• **What to work on**: Each line from the one containing "(λ changesets. SpellAll" onward, through the end of the entries, is to be transcribed exactly; nothing else is to be included.
=== Source records ===
//! Lines in hex, and the changesets in them.

ghost use Rattle.std.specs.Prelude.{◌≡◌, ◌⊎◌, [], IfErr, IfOk};
ghost use Rattle.std.specs.List.{AllByRecursion};
ghost use Rattle.cs_change.specs.Spelling.{FitsChangeset};
ghost use Rattle.cs_lines.specs.Reading.{StaysInLine, TakesLine};
ghost use Rattle.cs_tools.specs.Faults.{IsNoHex};
ghost use Rattle.cs_tools.specs.LinesRead.{AreReadUpTo, HasBadInput, IsNotTaken, SpellAll, TakesBytes, TakesNextBytes};
ghost use Rattle.cs_tools.specs.SpelledLine.{IsHexOf, TakesNext};
ghost use Rattle.cs_tools.specs.declared.fault.ToolFault.TheVariants.{BadHex, Memory};

use crate::fault::ToolFault;
use cs_changeset::Changeset;
use cs_lines::{ASKS, LineInput, LineRead, read_line};
use hex::FromHexError;
use std::alloc::Global;

/// The bytes that a line spells in hex, by digits of either case.
fn read_hex(alloc: Global, line: &[u8]) -> Result<Vec<u8>, ToolFault>
    ensures ok { IfOk result (λ bytes. IsHexOf line.now bytes.items) }
    ensures err { IfErr result (λ told. (told ≡ Memory) ⊎ (IsNoHex line.now × (told ≡ BadHex))) }
{
    match hex::decode(alloc, line) {
        Ok(bytes) => Ok(bytes),
        Err(FromHexError::OutOfMemory) => Err(ToolFault::Memory),
        Err(_) => Err(ToolFault::BadHex),
    }
}

/// The bytes that the next line spells in hex, if there is a line. The buffer is for the line.
pub fn next_bytes<R: LineInput>(
    alloc: Global,
    reader: &mut R,
    line: &mut Vec<u8>,
) -> Result<Option<Vec<u8>>, ToolFault>
    ensures ok { IfOk result (λ found. TakesBytes found (R.remaining reader.old) (R.remaining reader.new)) }
    ensures err { IfErr result (IsNotTaken (TakesLine [] (R.remaining reader.old) (R.remaining reader.new))
        (R.failed reader.new × StaysInLine (R.remaining reader.old) (R.remaining reader.new))) }
{
    match read_line(reader, line) {
        Ok(LineRead::Whole) => Ok(Some(read_hex(alloc, line)?)),
        Ok(LineRead::End) => Ok(None),
        Ok(LineRead::Skipped) => Err(ToolFault::Memory),
        Err(_) => Err(ToolFault::Read),
    }
}

/// The same, where no line is the empty line.
pub fn next_or_empty<R: LineInput>(alloc: Global, reader: &mut R) -> Result<Vec<u8>, ToolFault>
    ensures ok { IfOk result (λ bytes. TakesNextBytes bytes.items (R.remaining reader.old) (R.remaining reader.new)) }
    ensures err { IfErr result (IsNotTaken (TakesNext (R.remaining reader.old) (R.remaining reader.new))
        (R.failed reader.new × StaysInLine (R.remaining reader.old) (R.remaining reader.new))) }
{
    let mut line = Vec::new(alloc);
    match next_bytes(alloc, reader, &mut line)? {
        Some(bytes) => Ok(bytes),
        None => Ok(Vec::new(alloc)),
    }
}

/// The bytes that the lines spell in hex, one vector each, up to the end of the input. Or up to the first line that can't be read, and why
/// it can't.
pub fn all_bytes<R: LineInput>(alloc: Global, reader: &mut R) -> (Vec<Vec<u8>>, Option<ToolFault>)
    ensures { AreReadUpTo (R.failed reader.new) (R.remaining reader.old) (R.remaining reader.new) result.0.items result.1 }
{
    cs_lines::laws::lines_taken();
    let mut line = Vec::new(alloc);
    let mut inputs = Vec::new(alloc);
    for asked in 0..ASKS {
        match next_bytes(alloc, reader, &mut line) {
            Ok(Some(bytes)) => {
                if inputs.push(bytes).is_err() {
                    return (inputs, Some(ToolFault::Memory));
                }
            }
            Ok(None) => return (inputs, None),
            Err(told) => return (inputs, Some(told)),
        }
    }
    (inputs, Some(ToolFault::Read))
}

/// The changesets that these bytes spell, which stay in them.
pub fn read_all<'a>(alloc: Global, inputs: &'a [Vec<u8>]) -> Result<Vec<Changeset<'a>>, ToolFault>
    ensures fit { IfOk result (λ changesets. AllByRecursion FitsChangeset changesets.items) }
    ensures spelled { IfOk result (λ changesets. SpellAll inputs.now changesets.items) }
    ensures err { IfErr result (λ told. (told ≡ Memory) ⊎ HasBadInput told inputs.now) }
{
    let mut changesets = Vec::with_capacity(alloc, inputs.len())?;
    for bytes in inputs {
        changesets.push(cs_changeset::read(alloc, bytes.as_slice())?)?;
    }
    Ok(changesets)
}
===
• **Solution to this exercise**:
    ensures spelled { IfOk result (λ changesets. SpellAll inputs.now changesets.items) }
    ensures err { IfErr result (λ told. (told ≡ Memory) ⊎ HasBadInput told inputs.now) }
{
    let mut changesets = Vec::with_capacity(alloc, inputs.len())?;
    for bytes in inputs {
        changesets.push(cs_changeset::read(alloc, bytes.as_slice())?)?;
    }
    Ok(changesets)
}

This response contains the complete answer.